A partir daí foi elaborado um projeto para os educandos do 4º e 5º ano sobre o ensino da Capoeira durante os meses de maio, junho e agosto. Além de rever as atitudes preconceituosas e ações discriminatórias na nossa sociedade, os objetivos específicos do projeto focaram no domínio das técnicas convencionais de ataque e esquiva; na identificação e compreensão do universo simbólico da modalidade; no respeito à diversidade e heranças culturais; na valorização e preservação do patrimônio cultural e na participação de situações que promovam aprendizagem intergeracional.

Durante a primeira roda de conversa, surgiram comentários e muitas dúvidas: A Capoeira é uma luta? É dança, já que tem música? Se não encosta-se ao outro, é demonstração? Ao final da conversa foi constatado que a Capoeira não era um elemento estranho aos educandos, entretanto, o conhecimento era apenas superficial.
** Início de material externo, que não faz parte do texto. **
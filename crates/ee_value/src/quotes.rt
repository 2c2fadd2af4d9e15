//! What a bond pays to its payee.

use ee_units::Cents;

/// What a bond pays to its payee.
#[derive(Clone, Copy, Debug, PartialEq, Eq)]
pub enum Quote {
    /// The bond can't be redeemed yet: its age is below 12 months.
    NotEligible,
    /// The bond pays these cents. `penalty` means that three months of interest were taken off, `matured`
    /// that interest has stopped.
    Pays {
        cents: Cents,
        penalty: bool,
        matured: bool,
    },
}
Na vivência corporal, os educandos conheceram e aprenderam a ginga, algumas esquivas e ataques básicos, além dos deslocamentos por meio dos aús – conhecido popularmente por estrela. “No início alguns alunos apresentaram certo grau de inibição, mas no decorrer das aulas ela foi deixada de lado e a curiosidade em explorar as capacidades físicas e coordenativas foi ganhando espaço”, conta Kaled.

Mas o projeto ia muito além da prática. Para a semana alusiva à Abolição da Escravatura, os alunos do 4º ano produziram um varal pedagógico, com exposições orais e palestra sobre o tema “Diversidade Cultural e a Figura do Ancião dentro das Comunidades Africanas”. Houve ainda projeção de vídeo, roda de conversa sobre religião e tolerância, vivência instrumental, aula teórica de capoeira entrelaçando o tema: Respeito e Preservação do Patrimônio Cultural Brasileiro e visita às Ruínas do Engenho de São Jorge dos Erasmos, monitoradas por educadores da Universidade de São Paulo (USP). Atividades que fizeram deste, um projeto interdisciplinar e inesquecível para todos os envolvidos.

Para a semana do Dia do Capoeirista, bem como na última aula do trimestre, foram realizadas rodas de capoeira pelos próprios educandos, eles tocaram os instrumentos, jogaram capoeira e responderam ao coro das cantigas cantadas pelo professor. Se no início do trimestre era comum ver risos ou chacotas daqueles mais desengonçados, com o passar das aulas notou-se uma mudança gradual e progressiva nas relações por meio de atitudes e comportamentos solidários e afetuosos.

“Como os próprios educandos descreveram, foi um desafio. Um desafio que exigiu a participação e a dedicação de todos para atuarem coletivamente, a crença de que todos são capazes, a superação em melhorar o que sabem fazer e a segurança em colocar o aprendizado em prática” conta com orgulho o professor.

Atualmente Kaled continua na coordenação do projeto, agora no formato de curso extracurricular. Para esse ano a Coordenação Pedagógica do colégio propôs uma proposta interdisciplinar em conjunto com os professores de Informática e de Ciências, de nome “Prova e Comprova”. Quem sabe Kaled não conta essa experiência em uma próxima edição? Desejamos sucesso!